In a historic deal, Swiss authorities persuaded UBS Group AG to buy rival Credit Suisse Group AG in order to stop a banking crisis from spreading.
How Did This Happen?
To achieve this some of the world’s largest central banks came together on Sunday.
As part of this deal, UBS will pay 3 billion Swiss francs ($3.23 billion) for 167-year-old Credit Suisse.
It will assume up to $5.4 billion in losses in a deal backed by a massive Swiss guarantee and expected to close by the end of 2023.
After this announcement late on Sunday, the U.S. Federal Reserve, European Central Bank and other major central banks came out with statements to reassure markets that have been walloped by a banking crisis that started with the collapse of two regional U.S. banks earlier this month.
The move has affected S&P 500 and Nasdaq futures which were each up 0.4%, both giving back some earlier gains.
At the same time, New Zealand dipped at the open and Australian shares opened with a 0.5% loss.
Similarly, the safe-haven dollar lost ground against Sterling and the euro but was up versus the yen.
A Historic Day in Switzerland
It appears that the pressure on UBS helped seal Sunday’s deal.
The UBS Chair Colm Kelleher told analysts that “It’s a historic day in Switzerland, and a day frankly, we hoped, would not come,” during a conference call.

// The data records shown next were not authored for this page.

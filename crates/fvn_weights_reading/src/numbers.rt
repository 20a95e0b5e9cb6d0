//! Numbers as they are written: one to nine decimal digits.
ghost use Rattle.std.specs.Prelude.{◌≡◌, ◌≤◌, length, IsTrue};
ghost use Rattle.std.specs.List.{list_all};
ghost use Rattle.fvn_weights_reading.specs.Spelling.{is_digit, is_short, is_number_text, is_number, number};
ghost use Rattle.fvn_weights_reading.specs.inner.Split.{numbers_in};

use crate::limits::NUMBER_DIGITS;
use fvn_syntax::Piece;

// Whether a byte is a decimal digit.
fn is_digit(byte: u8) -> bool
    ensures { result ≡ is_digit byte }
{
    48 <= byte && byte <= 57
}

// Whether all bytes are digits.
fn are_digits(text: &[u8]) -> bool
    ensures { result ≡ list_all is_digit text.now }
{
    for byte in text {
        let digit = is_digit(*byte);
        if !digit {
            return false;
        }
    }
    true
}

// Whether a text is as long as a number may be.
fn is_short(text: &[u8]) -> bool
    ensures { result ≡ is_short text.now }
{
    1 <= text.len() && text.len() <= NUMBER_DIGITS
}

// Whether a text is that of a number.
fn is_number_text(text: &[u8]) -> bool
    ensures { result ≡ is_number_text text.now }
{
    is_short(text) && are_digits(text)
}

/// Whether a piece is a number.
pub(crate) fn is_number(piece: &Piece<'_>) -> bool
    ensures { result ≡ is_number piece.now }
{
    piece.is_word() && is_number_text(piece.text())
}

/// How many of the first pieces are numbers.
pub(crate) fn count_numbers(row: &[Piece<'_>]) -> usize
    ensures exact { result ≡ numbers_in row.now }
    ensures within { result ≤ length row.now }
{
    let mut count: usize = 0;
    for piece in row {
        let number = is_number(piece);
        if !number {
            return count;
        }
        count += 1;
    }
    count
}

/// The number that digits write.
pub(crate) fn number(digits: &[u8]) -> u64
    requires { IsTrue (is_number_text digits.now) }
    ensures { result ≡ number digits.now }
{
    let mut value: u64 = 0;
    for byte in digits {
        value = 10 * value + u64::from(*byte - 48);
    }
    value
}
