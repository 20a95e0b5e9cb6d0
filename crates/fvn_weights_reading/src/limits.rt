//! How long a number may be.

/// The most digits of a number.
pub const NUMBER_DIGITS: usize = 9;
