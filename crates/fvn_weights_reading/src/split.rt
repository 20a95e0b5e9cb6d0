//! Cutting texts into entries.
ghost use Rattle.std.specs.Prelude.{◌≡◌, List, ◌∷◌, IfOk, IfErr, IfSome, IfNone};
ghost use Rattle.fvn_lex.specs.Cut.{Piece};
ghost use Rattle.fvn_lex.specs.Parts.{HasPieces};
ghost use Rattle.fvn_syntax.specs.Pieces.{comma};
ghost use Rattle.fvn_weights_reading.specs.inner.Split.{numbers_in, AreNumbersSplit, IsEntrySplit, BeginsWithNoEntry, IsEntriesRow, IsNoEntriesRow};
ghost use Rattle.fvn_weights_reading.specs.inner.Steps.{IsLexFault};

use crate::entry::Entry;
use crate::numbers::count_numbers;
use fvn_lex::LexFault;
use fvn_problems::ProblemFault;
use fvn_syntax::{Piece, Row, Text, cut};
use fvn_terms::NoMemory;
use std::alloc::Global;

/// The tokens of a text.
pub(crate) fn cut_text<'a>(alloc: Global, bytes: &'a [u8]) -> Result<Vec<Piece<'a>>, ProblemFault>
    ensures ok { IfOk result (λ list. HasPieces bytes.now list.items) }
    ensures err { IfErr result (IsLexFault bytes.now) }
{
    match cut(alloc, bytes) {
        Ok(list) => Ok(list),
        Err(LexFault::NoMemory) => Err(ProblemFault::NoMemory),
        Err(fault) => Err(ProblemFault::Lex(fault)),
    }
}

// What is behind a comma, where the row begins with one.
fn behind_comma<'a>(row: &'a [Piece<'a>]) -> Option<Row<'a>>
    ensures some { IfSome result (λ rest. row.now ≡ comma ∷ rest) }
    ensures none { IfNone result ((rest : List Piece) → row.now ≡ comma ∷ rest → ⊥) }
{
    let Some((first, rest)) = row.split_first() else {
        return None;
    };
    let comma = first.is_special(b",");
    if !comma {
        return None;
    }
    Some(Row::new(rest))
}

// The numbers with which the row begins, where there are any, and what is behind them.
fn split_numbers<'a>(row: &'a [Piece<'a>]) -> Option<(Row<'a>, Row<'a>)>
    ensures some { IfSome result (λ r. AreNumbersSplit row.now r.0 r.1) }
    ensures none { IfNone result (numbers_in row.now ≡ 0) }
{
    let count = count_numbers(row);
    if count == 0 {
        return None;
    }
    Some((Row::new(&row[..count]), Row::new(&row[count..])))
}

// The entry with which the row begins, and what is behind it.
fn split_entry<'a>(row: &'a [Piece<'a>]) -> Option<(Entry<'a>, Row<'a>)>
    ensures some { IfSome result (λ r. IsEntrySplit row.now r.0 r.1) }
    ensures none { IfNone result (BeginsWithNoEntry row.now) }
{
    let Some((first, behind)) = row.split_first() else {
        return None;
    };
    let word = first.is_word();
    if !word {
        return None;
    }
    let Some((second, after)) = behind.split_first() else {
        return None;
    };
    let colon = second.is_name(b":");
    if !colon {
        return None;
    }
    let Some((numbers, rest)) = split_numbers(after) else {
        return None;
    };
    let name = Text::new(first.text());
    Some((Entry { name, numbers }, rest))
}

/// The entries that the row is.
pub(crate) fn split_entries<'a>(
    alloc: Global,
    row: &'a [Piece<'a>],
) -> Result<Option<Vec<Entry<'a>>>, NoMemory>
    ensures some { IfOk result (λ r. IfSome r (λ es. IsEntriesRow row.now es.items)) }
    ensures none { IfOk result (λ r. IfNone r (IsNoEntriesRow row.now)) }
{
    let mut list = Vec::new(alloc);
    let empty = row.is_empty();
    if empty {
        return Ok(Some(list));
    }
    let Some((first, after)) = split_entry(row) else {
        return Ok(None);
    };
    list.push(first)?;
    let mut rest = after;
    while let Some(more) = behind_comma(rest.pieces()) {
        let Some((entry, after)) = split_entry(more.pieces()) else {
            return Ok(None);
        };
        list.push(entry)?;
        rest = after;
    }
    let ended = rest.pieces().is_empty();
    if !ended {
        return Ok(None);
    }
    Ok(Some(list))
}
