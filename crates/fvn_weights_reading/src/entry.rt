//! What is written of one operator.
use fvn_syntax::{Row, Text};

/// What is written of one operator: its name, and its numbers.
#[derive(Drop)]
pub struct Entry<'a> {
    pub name: Text<'a>,
    pub numbers: Row<'a>,
}
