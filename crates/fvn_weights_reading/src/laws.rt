//! What is proved of all texts of weights, each law carried by a function that does nothing.
ghost use Rattle.fvn_weights_reading.specs.Laws.{NumbersHaveNineDigits, WeightsAreDetermined, WeightFaultsAreDetermined, RefusedTextsWeighNothing};

/// A number has nine digits at most.
pub fn numbers_have_nine_digits()
    ensures { NumbersHaveNineDigits }
{}

/// A text gives one list of weights at most.
pub fn weights_are_determined()
    ensures { WeightsAreDetermined }
{}

/// But for want of memory, a text has one first fault at most.
pub fn weight_faults_are_determined()
    ensures { WeightFaultsAreDetermined }
{}

/// But for want of memory, a text that has a first fault gives no weights.
pub fn refused_texts_weigh_nothing()
    ensures { RefusedTextsWeighNothing }
{}
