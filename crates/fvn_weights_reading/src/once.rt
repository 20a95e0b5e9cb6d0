//! Whether a name is written twice.
ghost use Rattle.std.specs.Prelude.{◌≡◌, [], IfOk};
ghost use Rattle.fvn_weights_reading.specs.inner.Steps.{are_new};

use crate::entry::Entry;
use fvn_syntax::Texts;
use fvn_terms::NoMemory;
use std::alloc::Global;

/// Whether no name is written twice.
pub(crate) fn are_once(alloc: Global, list: &[Entry<'_>]) -> Result<bool, NoMemory>
    ensures { IfOk result (λ once. once ≡ are_new [] list.now) }
{
    let mut texts = Texts::new(alloc);
    for entry in list {
        let name = entry.name.bytes();
        let there = texts.place(name).is_some();
        if there {
            return Ok(false);
        }
        texts.insert(alloc, name)?;
    }
    Ok(true)
}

Further adding, “I would like to make it clear that while we did not initiate discussions, we believe that this transaction is financially attractive for UBS shareholders,”.
Although, there were still many details to be worked through, said UBS CEO Ralph Hamers.
Adding, “I know that there must still be questions that we have not been able to answer and I understand that and I even want to apologize for it.”
The Fed said it had joined with central banks in Canada, England, Japan, the EU and Switzerland in a coordinated action to enhance market liquidity, in a global response not seen since the height of the pandemic.
In order to restore the peace and calm, the ECB vowed to support euro zone banks with loans if needed, adding the Swiss rescue of Credit Suisse was “instrumental”.
In the meantime, Fed Chair Jerome Powell and U.S. Treasury Secretary Janet Yellen welcomed the announcement by the Swiss authorities.
The former chairman and CEO of Goldman Sachs Group Inc, Lloyd Blankfein said, “The greater risk environment for financials leads to husbanding of capital and risk-taking, less and more conservative investing and lending, and inevitably, lower growth.”